In a sense, the authenticity of the entirety of the Corpus is not really a problem. Just because later authors attributed their work to Jābir does not invalidate or diminish his own contribution. The consensus today is that it is safe to assume the existence of an authentic core of writing dating back to Jābir in the eighth century, but that much of the Corpus grew around this core and was added later. It seems that a large number of texts appeared originally in Latin and have no Arabic origin, but were falsely attributed to Jābir to lend credibility to their authors.15
What is more interesting is the quite separate issue of the constant reference to Greek texts in parts of the Corpus. It has been argued that this is proof that it could not have been the work of Jābir.

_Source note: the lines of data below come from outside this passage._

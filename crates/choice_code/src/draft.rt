//! What stands so far of a derivation.

ghost use Rattle.std.specs.Prelude.{◌≡◌, IfOk, [], get_or, map};
ghost use Rattle.plain_tree.specs.Types.{plain_type, Void};
ghost use Rattle.conversion_model.specs.Chosen.{here as source_here, nothing_yet, product as product_shape, type_here as type_at};
ghost use Rattle.choice_code.specs.Plain.{plain_step};
ghost use Rattle.choice_code.specs.Drafts.{state_of};
ghost use Rattle.row_code.specs.Shapes.{shape_of};

use conversion_model::{Source, SourceList, StepList, StepTree};
use row_code::ShapeTree;
use sqlite_items::{Items, at};
use std::alloc::{AllocError, Global};
use tree_model::{NoMemory, TypeList, TypeTree, copy_dict, copy_type};

/// The operations so far, where the operands of products are found and their types, the same of the values that products
/// made, and how many values there are.
#[derive(Drop)]
pub struct Draft {
    pub steps: StepList,
    pub operands: SourceList,
    pub operand_types: TypeList,
    pub made: SourceList,
    pub made_types: TypeList,
    pub count: u32,
}

impl Draft {
    /// Nothing yet.
    pub fn new(alloc: Global) -> Draft
        ensures steps { result.steps ≡ [] }
        ensures state { state_of result ≡ nothing_yet }
    {
        Draft {
            steps: Items::new(alloc),
            operands: Items::new(alloc),
            operand_types: Items::new(alloc),
            made: Items::new(alloc),
            made_types: Items::new(alloc),
            count: 0,
        }
    }

    /// What a source of a product is in the whole template.
    pub fn here(&self, source: Source) -> Source
        ensures { result ≡ source_here (state_of self.now) source }
    {
        match source {
            Source::Operand(place) => found_or(self.operands.as_slice(), place, source),
            Source::Made(place) => found_or(self.made.as_slice(), place, source),
        }
    }

    /// What sources of a product are.
    pub fn all_here(&self, alloc: Global, sources: &[Source]) -> Result<SourceList, NoMemory>
        ensures { IfOk result (λ ss. ss ≡ map (source_here (state_of self.now)) sources.now) }
    {
        let mut found = Items::new(alloc);
        'each: for source in sources {
            found.push(self.here(*source))?;
        }
        Ok(found)
    }

    fn type_here(&self, alloc: Global, source: Source) -> Result<TypeTree, NoMemory>
        ensures { IfOk result (λ t. plain_type t ≡ type_at (state_of self.now) source) }
    {
        match source {
            Source::Operand(place) => type_or_void(alloc, self.operand_types.as_slice(), place),
            Source::Made(place) => type_or_void(alloc, self.made_types.as_slice(), place),
        }
    }

    fn types_here(&self, alloc: Global, sources: &[Source]) -> Result<TypeList, NoMemory>
        ensures { IfOk result (λ ts. map plain_type ts ≡ map (type_at (state_of self.now)) sources.now) }
    {
        let mut types = Items::new(alloc);
        'each: for source in sources {
            types.push(self.type_here(alloc, *source)?)?;
        }
        Ok(types)
    }

    /// The shape of a product.
    pub fn product(&self, alloc: Global, step: &StepTree) -> Result<ShapeTree, NoMemory>
        ensures { IfOk result (λ s. shape_of s ≡ product_shape (state_of self.now) (plain_step step.now)) }
    {
        let Ok(successors) = u32::try_from(step.successors.len()) else {
            return Err(AllocError);
        };
        let name = step.name.copy(alloc)?;
        let operands = self.types_here(alloc, step.sources.as_slice())?;
        let results = copy_types(alloc, step.makes.as_slice())?;
        let props = copy_dict(alloc, step.props.as_slice())?;
        Ok(ShapeTree {
            name,
            operands,
            results,
            props,
            attrs: Items::new(alloc),
            successors,
            regions: 0,
        })
    }
}

/// The source at a place, or the other one where there is no such place.
pub fn found_or(sources: &[Source], place: u32, other: Source) -> Source
    ensures { result ≡ get_or sources.now place other }
{
    match sources.get(place as usize) {
        Some(found) => *found,
        None => other,
    }
}

#[tactic(auto, using(crate::proofs::DraftLaws::type_some, crate::proofs::DraftLaws::type_none))]
fn type_or_void(alloc: Global, types: &[TypeTree], place: u32) -> Result<TypeTree, NoMemory>
    ensures { IfOk result (λ t. plain_type t ≡ get_or (map plain_type types.now) place Void) }
{
    match at(types, place as usize) {
        Some(t) => {
            let t = copy_type(alloc, t)?;
            Ok(t)
        }
        None => Ok(TypeTree::Void),
    }
}

/// Copies of types.
pub fn copy_types(alloc: Global, types: &[TypeTree]) -> Result<TypeList, NoMemory>
    ensures { IfOk result (λ ts. ts ≡ types.now) }
{
    let mut copies = Items::new(alloc);
    'each: for t in types {
        copies.push(copy_type(alloc, t)?)?;
    }
    Ok(copies)
}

The translations from Greek into Arabic, and hence an appreciation of the work of Aristotle and others, did not really take place until after Jābir’s death. But we have seen how these translations, either first into Syriac and then Arabic, or directly into Arabic, were made several times, each version correcting errors in previous translations with a better understanding of the content. A nice example is Aristotle’s Categories, a hugely important philosophical work, which was thought to have been first translated into Arabic by Ishāq ibn Hunayn, son of the more famous Hunayn ibn Ishāq, in the mid-ninth century. But an account of this text in the Jabirian Corpus is very different from Ishāq’s version. There is good reason to believe, from the archaic style of the language, terminology and structure, that it could have initially been translated before Ishāq’s time, and that Jābir could therefore have been aware of it.16 If true, this hints not only at the impressive extent of Jābir’s knowledge, but at an earlier date for the first translations of many more of the Greek texts than is commonly thought.